Dataframe for edges looks like this:
node1 node2
0 MET3 MET3
1 IMD3 IMD4
2 OLE1 OLE1
3 MUP1 MUP1
4 PIS1 PIS1
...
Basically the edge goes from node1 to node2
Now I iterate through each row from the node dataframe and edge dataframe and use it as networkx nodes and edges.
interactome = nx.Graph()
# Adding Nodes to Graph
for index, row in interactome_nodes.iterrows():
interactome.add_nodes_from(row)
# Adding Edges to Graph
for index, row in interactome_edges.iterrows():
interactome.add_edges_from(row["node1", "node2"]) #### Here is the problem
My problem is at the adding Edges part. I am currently getting the following error:
KeyError: ('node1', 'node2')
I have also tried :
for index, row in interactome_edges.iterrows():
interactome.add_edges_from((row["node1"],row["node2"]))
and:
for index, row in interactome_edges.iterrows():
interactome.add_edges_from(row["node1"],row["node2"])
and also simply:
for index, row in interactome_edges.iterrows():
interactome.add_edges_from(row)
All of which give me some form of error.
How can I use my node to node dataframe as edges for a networkx graph?

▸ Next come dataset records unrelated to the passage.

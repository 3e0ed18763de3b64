//! The terms of a condition.

ghost use Rattle.std.specs.Prelude.{◌≡◌, [], true, false, codes, IfOk, IfErr, IfSome, IfNone};
ghost use Rattle.symbols.specs.Tables.{table_of};
ghost use Rattle.outcome_queries.specs.declared.term.Term.{Term as AnyTerm};
ghost use Rattle.outcome_queries.specs.declared.term.Harts.{Harts as AnyHarts};
ghost use Rattle.outcome_queries.specs.Terms.{Means, IsOfEnd, IsPut, HoldsNothing, IsNoTerm, SaysTerm, SpellsHarts};
ghost use Rattle.outcome_queries.specs.Terms.{SpellsCause, IsCause, of_term, trimmed};
ghost use Rattle.std.specs.Prelude.{ℕ, Option};

use crate::put::read_put;
use crate::quoted::split_outside;
use crate::refused::Expected;
use crate::relation::{Relation, is_equality};
use crate::sign::{Cut, cut_term};
use crate::watched::{Asked, read_watched};
use symbols::Symbols;
use text_fields::{read_decimal, read_value, split_field};

/// The harts of which a term speaks.
#[derive(Clone, Copy, Debug, PartialEq, Eq, Drop)]
pub enum Harts {
    /// The one with this number.
    One(u8),
    /// Each that the core has.
    Each,
}

/// What a condition says of an end, in part.
#[derive(Clone, Copy, Drop)]
pub enum Term<'a> {
    /// The hart has ended with such a number; so has each, where a term speaks of each.
    Ended {
        harts: Harts,
        relation: Relation,
        number: u32,
    },
    /// The hart has stopped, with this cause where one is said, or with `!=` hasn't.
    Stopped {
        harts: Harts,
        relation: Relation,
        cause: Option<u8>,
    },
    /// What is asked for has such a number.
    Holds {
        asked: Asked<'a>,
        relation: Relation,
        value: u32,
    },
    /// These bytes were put out, two hexadecimal digits each, or with `!=` others.
    Put {
        digits: &'a [u8],
        relation: Relation,
    },
}

impl Default for Term<'_> {
    fn default() -> Self {
        Term::Ended {
            harts: Harts::One(0),
            relation: Relation::Equal,
            number: 0,
        }
    }
}

/// What a text says: `h0=1` that a hart ended with a number, `h0=stopped 4` that it stopped with a cause, `h*=0` how
/// each did; `a0@1=2`, `counter<2` and `80001000:4!=0x2` what is watched; `out=4142` what was put out. White space may
/// stand around it.
pub(crate) fn read_term<'a>(text: &'a [u8], names: &Symbols<'_>) -> Result<Term<'a>, Expected>
    ensures found { IfOk result (SaysTerm (table_of names.now) text.now) }
    ensures refused { IfErr result (IsNoTerm (table_of names.now) text.now) }
{
    let Some(cut) = cut_term(trimmed(text)) else {
        return Err(Expected::Term);
    };
    if let Some(end) = read_end(cut) {
        return Ok(end);
    }
    match read_put(cut, names) {
        Some(put) => Ok(put),
        None => read_holds(cut, names),
    }
}

/// The text without the white space around it.
pub(crate) fn trimmed(text: &[u8]) -> &[u8]
    ensures { result.now ≡ trimmed text.now }
{
    text.trim_ascii()
}

/// How harts end.
fn read_end<'a>(cut: Cut<'a>) -> Option<Term<'a>>
    ensures found { IfSome result (λ term. IsOfEnd term
        × ((names : _) → Means names cut.entry.left.now cut.entry.relation cut.entry.right.now term)) }
    ensures none { IfNone result ((names : _) (term : AnyTerm) → IsOfEnd term
        → Means names cut.entry.left.now cut.entry.relation cut.entry.right.now term → ⊥) }
{
    let Some(harts) = read_harts(cut.left) else {
        return None;
    };
    let relation = cut.relation;
    if let Some(number) = read_value(cut.right) {
        return Some(Term::Ended {
            harts,
            relation,
            number,
        });
    }
    if !is_equality(relation) {
        return None;
    }
    match read_cause(cut.right) {
        Some(cause) => Some(Term::Stopped {
            harts,
            relation,
            cause,
        }),
        None => None,
    }
}

/// What is watched and its number. Where both are misspelled, the term is.
fn read_holds<'a>(cut: Cut<'a>, names: &Symbols<'_>) -> Result<Term<'a>, Expected>
    ensures found { IfOk result
        (Means (table_of names.now) cut.entry.left.now cut.entry.relation cut.entry.right.now) }
    ensures refused { IfErr result (HoldsNothing (table_of names.now) cut.entry.left.now cut.entry.right.now) }
{
    let Some(value) = read_value(cut.right) else {
        return Err(Expected::Term);
    };
    match read_watched(cut.left, names) {
        Ok(watched) => Ok(Term::Holds {
            asked: Asked {
                watched,
                spelled: cut.left,
            },
            relation: cut.relation,
            value,
        }),
        Err(expected) => Err(of_term(expected)),
    }
}

/// What was expected of a term, where this was expected of what it names.
fn of_term(expected: Expected) -> Expected
    ensures { result ≡ of_term expected }
{
    match expected {
        Expected::Watched => Expected::Term,
        other => other,
    }
}

/// `h` and the number of a hart, or `h*`.
fn read_harts(text: &[u8]) -> Option<Harts>
    ensures found { IfSome result (SpellsHarts text.now) }
    ensures none { IfNone result ((harts : AnyHarts) → SpellsHarts text.now harts → ⊥) }
{
    if is_each(text) {
        return Some(Harts::Each);
    }
    let (before, digits) = split_field(text, b'h');
    if !is_nothing(before) {
        return None;
    }
    match read_decimal(digits, 255) {
        Ok(hart) => Some(Harts::One(hart as u8)),
        Err(_) => None,
    }
}

/// `stopped`, or with a space and a cause behind it.
fn read_cause(text: &[u8]) -> Option<Option<u8>>
    ensures found { IfSome result (SpellsCause text.now) }
    ensures none { IfNone result ((cause : Option ℕ) → SpellsCause text.now cause → ⊥) }
{
    if is_stopped(text) {
        return Some(None);
    }
    let (word, digits) = split_field(text, b' ');
    if !is_stopped(word) {
        return None;
    }
    match read_decimal(digits, 255) {
        Ok(cause) => Some(Some(cause as u8)),
        Err(_) => None,
    }
}

fn is_each(text: &[u8]) -> bool
    ensures is { result ≡ true → text.now ≡ codes "h*" }
    ensures other { result ≡ false → text.now ≡ codes "h*" → ⊥ }
{
    text == b"h*".as_slice()
}

fn is_stopped(word: &[u8]) -> bool
    ensures is { result ≡ true → word.now ≡ codes "stopped" }
    ensures other { result ≡ false → word.now ≡ codes "stopped" → ⊥ }
{
    word == b"stopped".as_slice()
}

fn is_nothing(text: &[u8]) -> bool
    ensures is { result ≡ true → text.now ≡ [] }
    ensures other { result ≡ false → text.now ≡ [] → ⊥ }
{
    text.is_empty()
}
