//! Conditions, as they are written.

ghost use Rattle.std.specs.Prelude.{◌≡◌, ◌+◌, ◌≤◌, ◌++◌, length};
ghost use Rattle.outcome_queries.specs.Conditions.{terms_in};

use crate::term::Term;
use arrayvec::ArrayVec;

/// The most terms of a condition.
pub const MOST_TERMS: usize = 32;

/// The most `!` and parentheses of a condition that stand in one another.
pub const MOST_LEVELS: usize = 16;

/// What joins two conditions.
#[derive(Clone, Copy, Debug, PartialEq, Eq, Drop)]
pub enum Joint {
    /// `&`: both hold.
    And,
    /// `|`: one holds at the least.
    Or,
}

/// A condition.
#[derive(Drop)]
pub enum Condition<'a> {
    /// `h0=1`, `counter>=2`.
    Holds(Term<'a>),
    /// `!C`
    Not(Box<Condition<'a>>),
    /// `(C)`
    Grouped(Box<Condition<'a>>),
    /// `C & D`, `C | D`. Of several with the same joint the first one is joined to all others.
    Joined(Joint, Box<Condition<'a>>, Box<Condition<'a>>),
}

/// The terms of a condition, in its order.
pub type Terms<'a> = ArrayVec<Term<'a>, MOST_TERMS>;

/// The terms of a condition, in its order.
pub fn terms_of<'a>(condition: &Condition<'a>) -> Terms<'a>
    requires { length (terms_in condition.now) ≤ 32 }
    ensures { result.items ≡ terms_in condition.now }
{
    let mut terms = Terms::new();
    add_terms(&mut terms, condition);
    terms
}

/// Puts the terms of a condition behind others.
fn add_terms<'a>(terms: &mut Terms<'a>, condition: &Condition<'a>)
    requires { length terms.old.items + length (terms_in condition.now) ≤ 32 }
    ensures { terms.new.items ≡ terms.old.items ++ terms_in condition.now }
{
    match condition {
        Condition::Holds(term) => terms.push(*term),
        Condition::Not(inner) | Condition::Grouped(inner) => add_terms(terms, inner),
        Condition::Joined(_, first, others) => {
            add_terms(terms, first);
            add_terms(terms, others);
        }
    }
}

In [9]: import networkx as nx
In [10]: import pandas as pd
In [11]: df = pd.read_csv("a.csv")
In [12]: df
Out[12]:
node1 node2
0 MET3 MET3
1 IMD3 IMD4
2 OLE1 OLE1
3 MUP1 MUP1
4 PIS1 PIS1
In [13]: G=nx.from_pandas_edgelist(df, "node1", "node2")

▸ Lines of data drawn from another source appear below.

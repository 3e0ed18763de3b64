//! The line of a row in a band.

ghost use Rattle.std.specs.Prelude.{◌≡◌, ◌∷◌, [], OnOk};
ghost use Rattle.std.specs.Io.KnownBytes.{Appends};
ghost use Rattle.address_labels.specs.Labels.{marks_of};
ghost use Rattle.chart_rows.specs.Cells.{letter_at};
ghost use Rattle.charts.specs.Text.{by_text, cells_text, line_text, remark_text, replayed_text, squashed_text};
ghost use Rattle.address_labels.specs.declared.writing.Form.TheVariants.{Word};

use crate::label::{Named, Widths};
use arrayvec::ArrayString;
use chart_rows::{Band, Row};
use std::io;
use std::io::Write;
use text_fields::push_decimal;

/// Writes the line of a row with this number.
#[tactic(auto, unfolding(crate::specs::Text::line_text))]
pub(crate) fn write_line<W: Write>(
    row: &Row,
    number: usize,
    band: &Band,
    widths: &Widths,
    named: Named<'_>,
    out: &mut W,
) -> io::Result<()>
    requires { named.form ≡ Word }
    ensures { OnOk result (Appends (W.contents out.old) (W.contents out.new)
        (line_text widths.now (marks_of named.entry.labels.now) named.entry.registers.now band.now number row.now)) }
{
    widths.write_name(row, number, named, out)?;
    write_cells(row, band, out)?;
    write_remark(row, band, out)
}

/// What stands in the columns of a row, as far as something does.
fn write_cells<W: Write>(row: &Row, band: &Band, out: &mut W) -> io::Result<()>
    ensures { OnOk result (Appends (W.contents out.old) (W.contents out.new) (cells_text row.now band.now)) }
{
    for place in band.from..=band.last_column(row) {
        write_letter(row, place, out)?;
    }
    Ok(())
}

/// Writes what stands in a row under the event at this place.
fn write_letter<W: Write>(row: &Row, place: u32, out: &mut W) -> io::Result<()>
    ensures { OnOk result (Appends (W.contents out.old) (W.contents out.new) (letter_at row.now place ∷ [])) }
{
    let letter = row.cell(place).letter();
    out.write_all(&[letter])
}

/// Behind a row that was squashed in this band the number of the instruction that squashed it, or a word where it is
/// fetched again; behind a load that was replayed in it a word; and the end of the line.
#[tactic(auto, unfolding(crate::specs::Text::remark_text))]
fn write_remark<W: Write>(row: &Row, band: &Band, out: &mut W) -> io::Result<()>
    ensures { OnOk result (Appends (W.contents out.old) (W.contents out.new) (remark_text row.now band.now)) }
{
    write_squashed(row, band, out)?;
    write_replayed(row, band, out)?;
    out.write_all(b"\n")
}

/// What squashed a row in this band: its own refetch, or the event of another instruction.
fn write_squashed<W: Write>(row: &Row, band: &Band, out: &mut W) -> io::Result<()>
    ensures { OnOk result (Appends (W.contents out.old) (W.contents out.new) (squashed_text band.now row.now)) }
{
    if row.refetched.is_none() {
        return write_by(row, band, out);
    }
    if band.has(row.refetched) {
        return out.write_all(b" refetched");
    }
    out.write_all(b"")
}

fn write_by<W: Write>(row: &Row, band: &Band, out: &mut W) -> io::Result<()>
    ensures { OnOk result (Appends (W.contents out.old) (W.contents out.new) (by_text band.now row.now.squashed)) }
{
    let Some(squash) = row.squashed else {
        return out.write_all(b"");
    };
    if !band.has(Some(squash.place)) {
        return out.write_all(b"");
    }
    let mut text = ArrayString::<14>::new();
    text.push_str(" by ");
    push_decimal(&mut text, squash.by);
    out.write_all(text.as_bytes())
}

fn write_replayed<W: Write>(row: &Row, band: &Band, out: &mut W) -> io::Result<()>
    ensures { OnOk result (Appends (W.contents out.old) (W.contents out.new) (replayed_text band.now row.now)) }
{
    let is_said = row.replayed && band.has(row.retired);
    if is_said {
        return out.write_all(b" replayed");
    }
    out.write_all(b"")
}
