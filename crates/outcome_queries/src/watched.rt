ghost use Rattle.std.specs.Prelude.{◌≡◌, ℕ, IfOk, IfErr, IfSome, IfNone};
ghost use Rattle.symbols.specs.Tables.{table_of};
ghost use Rattle.watched_outcomes.specs.declared.watch.WatchedBytes.{WatchedBytes};
ghost use Rattle.outcome_queries.specs.Watched.{Names, IsUnnamed, Spells, SpellsRegister, SpellsBytes};

use crate::at_name::bytes_at;
use crate::placed::read_placed;
use crate::refused::Expected;
use crate::width::split_width;
use numbers::Reg;
use rv_text::register_named;
use symbols::Symbols;
use text_fields::{read_decimal, read_hex, split_field};
use watched_outcomes::WatchedBytes;

/// What is looked at in the end of a program.
#[derive(Clone, Copy, PartialEq, Eq, Drop)]
pub enum Watched {
    /// A register of a hart, x1 to x31.
    Register { hart: u8, register: Reg },
    /// A word of memory, a half or a byte.
    Bytes(WatchedBytes),
}

impl Default for Watched {
    fn default() -> Watched {
        Watched::Bytes(WatchedBytes::default())
    }
}

/// What is looked at, and the text that asked for it.
#[derive(Clone, Copy, Drop)]
pub struct Asked<'a> {
    pub watched: Watched,
    pub spelled: &'a [u8],
}

impl Default for Asked<'_> {
    fn default() -> Self {
        Asked {
            watched: Watched::default(),
            spelled: &[],
        }
    }
}

/// What a text names: `a0@1` and `x10@1` a register at a hart; `80001000:4` the word at an address of eight hexadecimal
/// digits, with `:2` the half and with `:1` the byte; else a place by a name of the program.
pub(crate) fn read_watched(text: &[u8], names: &Symbols<'_>) -> Result<Watched, Expected>
    ensures found { IfOk result (Names (table_of names.now) text.now) }
    ensures refused { IfErr result (IsUnnamed (table_of names.now) text.now) }
{
    if let Some(register) = read_register(text) {
        return Ok(register);
    }
    if let Some(bytes) = read_bytes(text) {
        return Ok(bytes);
    }
    let Some(placed) = read_placed(text) else {
        return Err(Expected::Watched);
    };
    match bytes_at(&placed, names) {
        Ok(bytes) => Ok(Watched::Bytes(bytes)),
        Err(expected) => Err(expected),
    }
}

fn read_register(text: &[u8]) -> Option<Watched>
    ensures found { IfSome result (Spells text.now) }
    ensures none { IfNone result
        ((hart register : ℕ) → SpellsRegister text.now hart register → ⊥) }
{
    let (name, hart_text) = split_field(text, b'@');
    let Some(register) = register_named(name) else {
        return None;
    };
    let Ok(hart) = read_decimal(hart_text, 255) else {
        return None;
    };
    Some(Watched::Register {
        hart: hart as u8,
        register,
    })
}

fn read_bytes(text: &[u8]) -> Option<Watched>
    ensures found { IfSome result (Spells text.now) }
    ensures none { IfNone result ((bytes : WatchedBytes) → SpellsBytes text.now bytes → ⊥) }
{
    let (address, width) = split_width(text);
    let Some(width) = width else {
        return None;
    };
    match read_hex(address, 8) {
        Ok(address) => Some(Watched::Bytes(WatchedBytes { address, width })),
        Err(_) => None,
    }
}
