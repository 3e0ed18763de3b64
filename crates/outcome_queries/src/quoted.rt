//! Texts in which any name may stand in quotation marks.

ghost use Rattle.std.specs.Prelude.{◌≡◌, ◌<◌, ◌∷◌, ◌++◌, ◌==◌, ◌&&◌, not, false, length, if◌then◌else◌};
ghost use Rattle.std.specs.Prelude.{IfSome, IfNone, Some, None};
ghost use Rattle.outcome_queries.specs.Quoted.{field_outside, place_outside};

/// What stands before the first such byte outside of quotation marks (`'`), and what stands behind it; none where there
/// is no such byte.
pub(crate) fn split_outside(text: &[u8], separator: u8) -> Option<(&[u8], &[u8])>
    ensures found { IfSome result (λ p. text.now ≡ p.0.now ++ separator ∷ p.1.now) }
    ensures place { IfSome result (λ p. Some (length p.0.now) ≡ place_outside false separator text.now) }
    ensures first { IfSome result (λ p. p.0.now ≡ field_outside separator text.now) }
    ensures none { IfNone result (place_outside false separator text.now ≡ None) }
    ensures whole { IfNone result (field_outside separator text.now ≡ text.now) }
{
    let place = place_outside(text, separator)?;
    Some((&text[..place], &text[place + 1..]))
}

/// Where the byte first stands outside of quotation marks.
fn place_outside(text: &[u8], separator: u8) -> Option<usize>
    ensures place { result ≡ place_outside false separator text.now }
    ensures inside { IfSome result (λ place. place < length text.now) }
{
    let mut is_quoted = false;
    for (index, byte) in text.iter().enumerate() {
        if stands_here(*byte, separator, is_quoted) {
            return Some(index);
        }
        is_quoted = is_quoted_behind(*byte, is_quoted);
    }
    None
}

/// Whether a byte is the separator, outside of quotation marks. A mark is none.
fn stands_here(byte: u8, separator: u8, is_quoted: bool) -> bool
    ensures { result ≡ (not (byte == 39) && ((byte == separator) && not is_quoted)) }
{
    byte != b'\'' && byte == separator && !is_quoted
}

/// Whether what stands behind a byte stands in quotation marks.
fn is_quoted_behind(byte: u8, is_quoted: bool) -> bool
    ensures { result ≡ (if byte == 39 then not is_quoted else is_quoted) }
{
    if byte == b'\'' { !is_quoted } else { is_quoted }
}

In [14]: [e for e in G.edges]
Out[14]:
[('MET3', 'MET3'),
('IMD3', 'IMD4'),
('OLE1', 'OLE1'),
('MUP1', 'MUP1'),
('PIS1', 'PIS1')]
Networkx has methods to read from pandas dataframe. I have use the edge dataframe provided. Here, I'm using from_pandas_edgelist
method to read from the dataframe of edges.
After plotting the graph,
nx.draw_planar(G, with_labels = True)
plt.savefig("filename2.png")